Sessions is Trump's guy through and through. And we know the President is hell-bent on anti-immigration policies that are the sort of dog-whistle racism designed to please the alt-right. But there's more to this. It's not enough to simply conclude that Trump and his cronies are mustering whatever approval they can by means of thinly-veiled animosity towards brown people. Maybe greed is so stupidly obvious that we've missed it in search of more intelligent motives. But we should remember whom we're dealing with.

Read enough political news and you begin to wonder whether your IQ is falling or your mind is playing tricks on you. Has your capacity for pattern recognition gone haywire from all-Trump-all-the-time or are certain troubling conclusions just waiting to be drawn? Sometimes, I suspect it's the former. But today, after reading the transcript of Sessions' speech at the Mexican border, I know it's the latter. According to The Daily Beast, even veteran federal prosecutors feel shocked at the DOJ's new "transportation or harboring of aliens" policy, calling it "fucking horrifying." In the Attorney General's concept of justice, "if you’re illegal and you bring your family over, then you’re harboring your kid and your wife, and you can go to jail.”

We've heard this tune before. In March, Texas senator Bryan Hughes proposed a bill that would "relax the standards for giving child care licenses to family detention centers" so that immigrant children and their mothers could be locked up for an indefinite length of time. This drew an immense amount of criticism as being inhumane and morally repugnant. It also raised the question as to whether private prison contractors would be enriched as a result. To his (very slight) credit, Homeland Security Secretary John Kelly briskly walked the idea back before the Senate Homeland Security and Governmental Affairs Committee on April 5th, declaring that family separations would only take place if children were clearly at risk.
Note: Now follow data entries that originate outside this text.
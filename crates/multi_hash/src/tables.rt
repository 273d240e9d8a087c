ghost use Rattle.std.specs.Prelude.{◌≡◌, ℕ, ◌<◌, [], length, map, take, slice_index, find, nat_eq, ◌≤◌, IfOk};
ghost use Rattle.std.specs.List.{range_with_len};
ghost use Rattle.multi_hash.specs.Inside.{map_at};

use bcodes::Want;
use key_buckets::KeyTable;
use std::alloc::Global;

/// Tables without keys, one for each map.
pub fn empty_tables(alloc: Global, nhash: u32) -> Result<Vec<KeyTable>, Want>
    ensures count { IfOk result (λ maps. length maps.items ≡ nhash) }
    ensures empty { IfOk result (λ maps. (i : ℕ) → map_at maps.items i ≡ []) }
{
    let mut maps = Vec::with_capacity(alloc, nhash as usize)?;
    for made in 0..nhash {
        maps.push(KeyTable::new(alloc))?;
    }
    Ok(maps)
}

/// The table of map `i`.
pub fn table(maps: &[KeyTable], i: usize) -> &KeyTable
    requires { i < length maps.now }
    ensures { result.now ≡ map_at maps.now i }
{
    &maps[i]
}

/// The number of keys of each table.
pub fn key_counts(alloc: Global, maps: &[KeyTable]) -> Result<Vec<usize>, Want>
    ensures { IfOk result (λ counts. counts.items ≡ map length maps.now) }
{
    let mut counts = Vec::with_capacity(alloc, maps.len())?;
    for i in 0..maps.len() {
        counts.push(table(maps, i).len())?;
    }
    Ok(counts)
}

/// Takes out of each table the keys behind the first `counts`. It takes no memory.
pub fn keep_first(maps: &mut [KeyTable], counts: &[usize])
    requires { length counts.now ≡ length maps.old }
    ensures count { length maps.new ≡ length maps.old }
    ensures kept { (i : ℕ) → i < length maps.old
        → map_at maps.new i ≡ take (slice_index counts.now i) (map_at maps.old i) }
{
    for i in 0..counts.len() {
        maps[i].truncate(counts[i]);
    }
}

/// The first map with one key alone.
pub fn first_of_one_key(maps: &[KeyTable]) -> Option<u32>
    requires { length maps.now ≤ 1024 }
    ensures { result ≡ find (λ i. nat_eq (length (map_at maps.now i)) 1)
        (range_with_len 0 (length maps.now)) }
{
    for i in 0..maps.len() {
        if table(maps, i).len() == 1 {
            return Some(i as u32);
        }
    }
    None
}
But Sessions, whose Nogales speech originally contained the line, "It is here, on this sliver of land, where we first take our stand against this filth," doesn't seem inclined to walk back a single thing. He's all-in for Trump and a major proponent of the President's ethno-nationalist siege mentality. Incidentally, "filth" happens to be a favorite Nazi propaganda term which, in the context of the speech, could have been interpreted as referring to either the traffickers of immigrants or the immigrants themselves. Such a line, coming from Sessions, surprises no one. What's surprising is that cooler heads prevailed at the last minute and he left the word out of his delivery.

Moreover, just as Hughes generated controversy about potential abuse of a public office for private gain, the Attorney General may be headed in the same direction. In "Private Prisons: Here's Why Sessions' Memo Matters," NBC's John Schuppe notes that "Private prisons mostly benefit two publicly traded companies… both generous contributors to President Trump, [which] run the majority of the [Bureau of Prisons'] contracted prisons, as well as dozens of other facilities used to detain immigrants who are in the country illegally." So now we know. In the end, this isn't primarily about political ideology. It's not about serving one's master or ethno-nationalist tribalism, or even disregarding blood ties that may put whole families at risk of imprisonment. It's about money, pure and simple.